Arrays: creation and properties

A NumPy array is a multidimensional data structure that efficiently stores elements of the same type. In this lesson, we will explore how to create arrays and their basic properties.

Creating arrays

From lists and tuples: The most direct way to create an array is to convert a list or tuple with the array() function:

import numpy as np

# One-dimensional array
a = np.array([1, 2, 3, 4, 5])
print(a)  # [1 2 3 4 5]

# Two-dimensional array (matrix)
m = np.array([[1, 2, 3], [4, 5, 6]])
print(m)
# [[1 2 3]
#  [4 5 6]]

# From a tuple
t = np.array((10, 20, 30))
print(t)  # [10 20 30]

NumPy automatically infers the data type (dtype), but it can be specified explicitly:

# Integer array
a = np.array([1, 2, 3], dtype=int)

# Float array
b = np.array([1, 2, 3], dtype=float)
print(b)  # [1. 2. 3.]

Creation functions: zeros(), ones(), empty(), full(): NumPy provides functions to create arrays with predefined values:

# Array of zeros
z = np.zeros(5)
print(z)  # [0. 0. 0. 0. 0.]

# Zero matrix
m = np.zeros((3, 4))  # 3 rows, 4 columns
print(m.shape)  # (3, 4)

# Array of ones
u = np.ones((2, 3))
print(u)
# [[1. 1. 1.]
#  [1. 1. 1.]]

# Empty array (uninitialized, faster)
e = np.empty(4)  # Contains arbitrary values

# Array with a constant value
f = np.full((2, 2), 7)
print(f)
# [[7 7]
#  [7 7]]

# Array with a specific value and type
g = np.full(3, 3.14, dtype=float)
print(g)  # [3.14 3.14 3.14]

Generating sequences with arange and linspace: To create sequences of numbers, NumPy offers more powerful alternatives than range:

# arange(start, stop, step) - similar to range()
a = np.arange(0, 10, 2)
print(a)  # [0 2 4 6 8]

# Works with floats
b = np.arange(0, 1, 0.1)
print(b)  # [0.0 0.1 0.2 0.3 0.4 0.5 0.6 0.7 0.8 0.9]
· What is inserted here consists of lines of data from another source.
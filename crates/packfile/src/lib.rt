// The pack file of a post: what a works copies into it, its start line and the lines of its rows.
#![tactic(auto)]

mod checks;

ghost use Rattle.std.specs.Prelude.{◌≡◌, ◌≤◌, ◌*◌, length};
ghost use Rattle.shape.specs.Bounds.{longest_row};
ghost use Rattle.shape.specs.Lengths.{triple_length};
ghost use Rattle.lines.specs.Writing.{written_as, part_as};
ghost use Rattle.packlines.specs.File.{file};
ghost use Rattle.packfile.specs.Writing.{post_at, room_refusal_of, pack_refusal};
ghost use Rattle.packfile.specs.Between.{Given};
ghost use Rattle.packlines.specs.Between.{FileRoom};

use lines::Written;
use refusal::Refusal;
use session::Party;
use shape::Shape;

// 12, or the file at the start of the list; `room` is for the numbers of one line.
#[tactic(auto, using(crate::proofs::Asking::answer_short, crate::proofs::Asking::list_short, crate::proofs::Asking::file_fits, crate::proofs::Asking::answer_whole, crate::proofs::Asking::list_whole, crate::proofs::Rooms::room_again))]
fn write_in(party: Party, kinds: &[u8], draws: &[u32], room: &mut [u32], out: &mut [u8]) -> Written
    requires { FileRoom party kinds.now draws.now room.old }
    ensures value { result ≡ written_as (room_refusal_of party kinds.now draws.now (length out.old))
        (file party kinds.now draws.now) }
    ensures out_after { out.new ≡ part_as (room_refusal_of party kinds.now draws.now (length out.old))
        (file party kinds.now draws.now) out.old }
{
    let len = packlines::file_len(party, kinds, draws, room);
    if out.len() < len {
        return lines::not_written(Refusal::NoRoom as u8);
    }
    packlines::put_file(party, kinds, draws, room, out);
    Written { refusal: 0, len }
}

// The longest line of a few posts with one check point; two have it at fewer posts. No answer depends on it.
const LINE_OF_FEW: usize = 9 * shape::FEW_POSTS;

// And of the most posts.
const LINE_OF_MOST: usize = 3 * shape::LONGEST_ROW;

// The same, in a room for a line of so many numbers, which stands in a frame of its own.
#[tactic(auto, using(crate::proofs::Rooms::lent_length, crate::proofs::Rooms::lent_room))]
#[inline(never)]
fn write_in_room<const N: usize>(
    party: Party,
    kinds: &[u8],
    draws: &[u32],
    out: &mut [u8],
) -> Written
    requires { Given party kinds.now draws.now × (triple_length party.shape ≤ N) × (N ≤ 3 * longest_row) }
    ensures value { result ≡ written_as (room_refusal_of party kinds.now draws.now (length out.old))
        (file party kinds.now draws.now) }
    ensures out_after { out.new ≡ part_as (room_refusal_of party kinds.now draws.now (length out.old))
        (file party kinds.now draws.now) out.old }
{
    let end = party.shape.triple_len();
    let mut room = [0u32; N];
    write_in(party, kinds, draws, &mut room[..end], out)
}

// A room for the most posts is not cleared for a line of few.
#[tactic(auto, using(crate::proofs::Rooms::most_fits))]
fn write_given(party: Party, kinds: &[u8], draws: &[u32], out: &mut [u8]) -> Written
    requires { Given party kinds.now draws.now }
    ensures value { result ≡ written_as (room_refusal_of party kinds.now draws.now (length out.old))
        (file party kinds.now draws.now) }
    ensures out_after { out.new ≡ part_as (room_refusal_of party kinds.now draws.now (length out.old))
        (file party kinds.now draws.now) out.old }
{
    if party.shape.triple_len() <= LINE_OF_FEW {
        write_in_room::<LINE_OF_FEW>(party, kinds, draws, out)
    } else {
        write_in_room::<LINE_OF_MOST>(party, kinds, draws, out)
    }
}

// A post's file: its `S` or `W` line, then `R` and `T` lines by rising row. The value is the file's length.
#[tactic(auto, using(crate::proofs::Asking::given_first, crate::proofs::Asking::given_own, crate::proofs::Asking::given_valid, crate::proofs::Asking::given_points, crate::proofs::Asking::answer_refused, crate::proofs::Asking::list_refused, crate::proofs::Asking::answer_on, crate::proofs::Asking::list_on))]
pub fn write(
    n: usize,
    t: usize,
    post: usize,
    points: usize,
    ws: &[u32],
    kinds: &[u8],
    draws: &[u32],
    out: &mut [u8],
) -> Written
    ensures value { result ≡ written_as
        (pack_refusal n t post points ws.now kinds.now draws.now (length out.old))
        (file (post_at n t post points ws.now) kinds.now draws.now) }
    ensures out_after { out.new ≡ part_as
        (pack_refusal n t post points ws.now kinds.now draws.now (length out.old))
        (file (post_at n t post points ws.now) kinds.now draws.now) out.old }
{
    let checked = checks::refusal(n, t, post, points, ws, kinds, draws);
    match checked {
        Err(_) => lines::not_written(refusal::number_of(checked)),
        Ok(()) => {
            let shape = Shape { n, t, points };
            let w = packs::points_at(shape, ws, post - 1, n);
            let party = Party {
                shape,
                post,
                points: w,
            };
            write_given(party, kinds, draws, out)
        }
    }
}
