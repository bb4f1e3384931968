// Refusals: the first of several in order, and the conditions that several calls share.
#![tactic(auto)]

pub mod has_number;

ghost use Rattle.std.specs.Prelude.{◌≡◌, [], ◌∷◌};
ghost use Rattle.refusal.specs.Refusal.{first, ◌when◌};
ghost use Rattle.refusal.specs.Numbers.{refused};
ghost use Rattle.refusal.specs.Conditions.{posts_tests, outside, wrong_length, beyond, any_beyond, bad_point, bad_point_count, bad_points, station_tests, party_tests};

pub use crate::has_number::HasNumber;
use shape::Points;

// Why a call is refused, by the documents' numbers.
#[derive(Clone, Copy, PartialEq, Eq)]
pub enum Refusal {
    BadPostCount = 1,
    BadThreshold = 2,
    BadPost = 3,
    BadCheckPoint = 4,
    BadLength = 5,
    NoSuchRow = 6,
    WrongMark = 7,
    NotAnElement = 8,
    TooFewAccepted = 9,
    MalformedLine = 10,
    LineOutOfRange = 11,
    NoRoom = 12,
    InconsistentShares = 13,
    BadTermCount = 14,
    CallerBarred = 15,
    BadDealer = 16,
    PlaceFilled = 17,
    BadPostList = 18,
    TooManyPosts = 19,
}

// The number of a refusal, or 0 for none.
pub fn number_of<T: Copy>(checked: Result<T, Refusal>) -> u8
    ensures { result ≡ refused checked }
{
    match checked {
        Ok(_) => 0,
        Err(refusal) => refusal as u8,
    }
}

// 1 and 2: the number of posts, and t.
pub fn posts(n: usize, t: usize) -> Result<(), Refusal>
    ensures { refused result ≡ first (posts_tests n t) }
{
    if n < shape::FEWEST_POSTS || shape::MOST_POSTS < n {
        return Err(Refusal::BadPostCount);
    }
    if t < 1 || n - 1 < t {
        return Err(Refusal::BadThreshold);
    }
    Ok(())
}

// 3: a post outside 1..n.
pub fn post(n: usize, post: usize) -> Result<(), Refusal>
    ensures { refused result ≡ first (3 when outside 1 n post ∷ []) }
{
    if post < 1 || n < post {
        return Err(Refusal::BadPost);
    }
    Ok(())
}

// 4, of one check point.
pub fn point(w: u32) -> Result<(), Refusal>
    ensures { refused result ≡ first (4 when bad_point w ∷ []) }
{
    if w == 0 || field::P <= w {
        return Err(Refusal::BadCheckPoint);
    }
    Ok(())
}

// 4, of the number of check points that a post has.
pub fn count(points: usize) -> Result<(), Refusal>
    ensures { refused result ≡ first (4 when bad_point_count points ∷ []) }
{
    if points < 1 || shape::MOST_POINTS < points {
        return Err(Refusal::BadCheckPoint);
    }
    Ok(())
}

// 1, 2, and 4 of the number of points: of a station, where a call has no session.
pub fn station(n: usize, t: usize, points: usize) -> Result<(), Refusal>
    ensures { refused result ≡ first (station_tests n t points) }
{
    posts(n, t)?;
    count(points)
}

// And 3 between them, of one of its posts.
pub fn party(n: usize, t: usize, own: usize, points: usize) -> Result<(), Refusal>
    ensures { refused result ≡ first (party_tests n t own points) }
{
    posts(n, t)?;
    post(n, own)?;
    count(points)
}

// 4, of a post's check points.
#[tactic(auto, using(crate::proofs::Pairs::both), unfolding(crate::specs::Conditions::bad_points))]
pub fn points(points: usize, w: Points) -> Result<(), Refusal>
    ensures { refused result ≡ first (4 when bad_points points w ∷ []) }
{
    match points {
        1 => point(w.first),
        2 => point(w.first).and(point(w.second)),
        _ => Err(Refusal::BadCheckPoint),
    }
}

// 5, of one list: its length isn't exactly the one stated.
pub fn size(list: &[u32], length: usize) -> Result<(), Refusal>
    ensures { refused result ≡ first (5 when wrong_length list.now length ∷ []) }
{
    if list.len() != length {
        return Err(Refusal::BadLength);
    }
    Ok(())
}

// 8, of one number.
pub fn number(x: u32) -> Result<(), Refusal>
    ensures { refused result ≡ first (8 when beyond x ∷ []) }
{
    if field::P <= x {
        return Err(Refusal::NotAnElement);
    }
    Ok(())
}

// 8, of every number of a list. There is no early end, so that several numbers are looked at at once.
#[tactic(auto, using(crate::proofs::Elements::turned, crate::proofs::Elements::ended))]
pub fn numbers(list: &[u32]) -> Result<(), Refusal>
    ensures { refused result ≡ first (8 when any_beyond list.now ∷ []) }
{
    let mut beyond = false;
    for &x in list {
        beyond |= field::P <= x;
    }
    if beyond {
        return Err(Refusal::NotAnElement);
    }
    Ok(())
}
# linspace(start, stop, num) - num equally spaced points
c = np.linspace(0, 10, 5)
print(c)  # [0.0 2.5  5.0 7.5 10.0]

# linspace includes the stop value by default
d = np.linspace(0, 1, 11)  # Useful for dividing into intervals

Random arrays: The numpy.random module allows generating arrays with random values:

# Uniform random numbers between 0 and 1
a = np.random.random(5)
print(a)  # Example: [0.234 0.891 0.456 0.123 0.789]

# Random matrix
m = np.random.random((3, 3))

# Random integers in a range
b = np.random.randint(0, 10, size=5)
print(b)  # Example: [3 7 1 9 2]

# Normal distribution (mean=0, std=1)
c = np.random.randn(5)
print(c)  # Example: [-0.234 1.456 -0.891 0.123 0.567]

# Normal distribution with custom parameters
d = np.random.normal(loc=10, scale=2, size=5)  # mean=10, std=2

# Random sample from a list
e = np.random.choice([10, 20, 30, 40], size=3)
print(e)  # Example: [30 10 30]

# Shuffle an array
arr = np.arange(10)
np.random.shuffle(arr)
print(arr)  # Example: [3 7 1 9 4 0 2 8 5 6]
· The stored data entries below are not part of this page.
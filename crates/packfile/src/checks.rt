// The refusals of the call but 12. All of them come before the first write.
ghost use Rattle.std.specs.Prelude.{◌≡◌, [], ◌∷◌, length};
ghost use Rattle.shape.specs.Bounds.{row_count_of};
ghost use Rattle.shape.specs.Lengths.{Valid};
ghost use Rattle.refusal.specs.Numbers.{refused};
ghost use Rattle.refusal.specs.Refusal.{first, ◌when◌};
ghost use Rattle.refusal.specs.Conditions.{wrong_length};
ghost use Rattle.packfile.specs.Writing.{frame_refusal, drawn_refusal, given_refusal};

use refusal::Refusal;
use shape::Shape;

// 5, of the kinds.
fn kinds_size(kinds: &[u8]) -> Result<(), Refusal>
    ensures { refused result ≡ first (5 when wrong_length kinds.now row_count_of ∷ []) }
{
    if kinds.len() != shape::ROWS {
        return Err(Refusal::BadLength);
    }
    Ok(())
}

// 1 to 4, and 5 of the check points and the kinds.
#[tactic(auto, using(refusal::proofs::Ranges::party_passed, crate::proofs::Asking::party_stopped))]
fn frame(
    n: usize,
    t: usize,
    post: usize,
    points: usize,
    ws: &[u32],
    kinds: &[u8],
) -> Result<(), Refusal>
    ensures { refused result ≡ frame_refusal n t post points ws.now kinds.now }
{
    refusal::party(n, t, post, points)?;
    let shape = Shape { n, t, points };
    factory::checks::check_points(ws)
        .and(refusal::size(ws, shape.checks_len()))
        .and(kinds_size(kinds))
}

// 5 of the draws, then 6 to 8.
fn drawn(shape: Shape, kinds: &[u8], draws: &[u32]) -> Result<(), Refusal>
    requires { Valid shape × (length kinds.now ≡ row_count_of) }
    ensures { refused result ≡ drawn_refusal shape kinds.now draws.now }
{
    refusal::size(draws, kinds::draws_len(shape, kinds))
        .and(kinds::late_triples(kinds))
        .and(kinds::crowded_triples(kinds))
        .and(kinds::unknown_kinds(kinds))
        .and(refusal::numbers(draws))
}

// Lengths are computed only where n, t, the number of points and the kinds have passed, so that nothing overflows.
#[tactic(auto, using(crate::proofs::Asking::frame_stopped, crate::proofs::Asking::frame_on, crate::proofs::Asking::frame_valid, crate::proofs::Asking::frame_kinds))]
pub fn refusal(
    n: usize,
    t: usize,
    post: usize,
    points: usize,
    ws: &[u32],
    kinds: &[u8],
    draws: &[u32],
) -> Result<(), Refusal>
    ensures { refused result ≡ given_refusal n t post points ws.now kinds.now draws.now }
{
    frame(n, t, post, points, ws, kinds)?;
    drawn(Shape { n, t, points }, kinds, draws)
}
Basic properties of arrays

Once a NumPy array is created, we can query various properties that describe its structure and content. Consider the following array:

a = np.array([[1, 2, 3, 4], [5, 6, 7, 8]])
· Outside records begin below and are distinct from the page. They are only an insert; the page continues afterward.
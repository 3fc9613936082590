// A session's file of equations: an index has the higher sides, and beside it stand the lower sides under the same numbers.
#![tactic(auto)]

ghost use Rattle.std.specs.Prelude.{◌≡◌, ℕ, length, None};
ghost use Rattle.index.specs.Maps.{Inserted, Removed};
ghost use Rattle.file.specs.Kept.{Kept, Free, equations};

use entries::Entries;
use index::index::Index;
use reduction::oriented::Oriented;
use refusal::Refusal;

#[derive(Drop)]
pub struct File<I> {
    index: I,
    lowers: Entries<128>,
}

impl<I: Index> File<I> {
    // Whatever the index had, the file has nothing.
    pub fn empty(mut index: I) -> File<I>
        ensures kept { Kept I.Index.stored result }
        ensures bare { (n : ℕ) → equations I.Index.stored result n ≡ None }
    {
        index.clear();
        File {
            index,
            lowers: Entries::new(),
        }
    }

    // A taken number is refused before a full index.
    pub fn check_free(&self, number: u16) -> Result<(), Refusal>
        ensures { Kept I.Index.stored self.now → Free (equations I.Index.stored self.now) (length (I.Index.numbers self.now.index)) I.Index.CAPACITY number result }
    {
        if self.lowers.get(number).is_ok() {
            return Err(Refusal::NumberTaken);
        }
        if self.lowers.len() >= I::CAPACITY {
            return Err(Refusal::CapacityReached);
        }
        Ok(())
    }

    pub fn insert(&mut self, number: u16, rule: &Oriented) -> Result<(), Refusal>
        ensures kept { Kept I.Index.stored self.old → Kept I.Index.stored self.new }
        ensures inserted { Kept I.Index.stored self.old → Inserted (equations I.Index.stored self.old) (length (I.Index.numbers self.old.index)) I.Index.CAPACITY number rule.now (equations I.Index.stored self.new) result }
    {
        self.index.insert(number, &rule.higher)?;
        self.lowers.insert(number, &rule.lower)
    }

    pub fn remove(&mut self, number: u16) -> Result<(), Refusal>
        ensures kept { Kept I.Index.stored self.old → Kept I.Index.stored self.new }
        ensures removed { Kept I.Index.stored self.old → Removed (equations I.Index.stored self.old) number (equations I.Index.stored self.new) result }
    {
        self.index.remove(number)?;
        self.lowers.remove(number)
    }

    pub fn index(&self) -> &I
        ensures { result.now ≡ self.now.index }
    {
        &self.index
    }

    pub fn lowers(&self) -> &Entries<128>
        ensures { result.now ≡ self.now.lowers }
    {
        &self.lowers
    }
}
Then, these are the most important properties:

• shape: A tuple indicating the dimensions of the array. For a matrix, it specifies the number of rows and columns.

  a.shape  # (2, 4)

• ndim: The number of dimensions (axes) of the array. A vector has 1 dimension, a matrix has 2, etc.

  a.ndim  # 2

• size: The total number of elements in the array, equivalent to the product of the dimensions.

  a.size  # 8

• dtype: The data type of the elements in the array. All elements have the same type.

  a.dtype  # dtype('int64')

These properties are read-only (except shape in some cases) and allow understanding the structure and characteristics of the arrays we work with.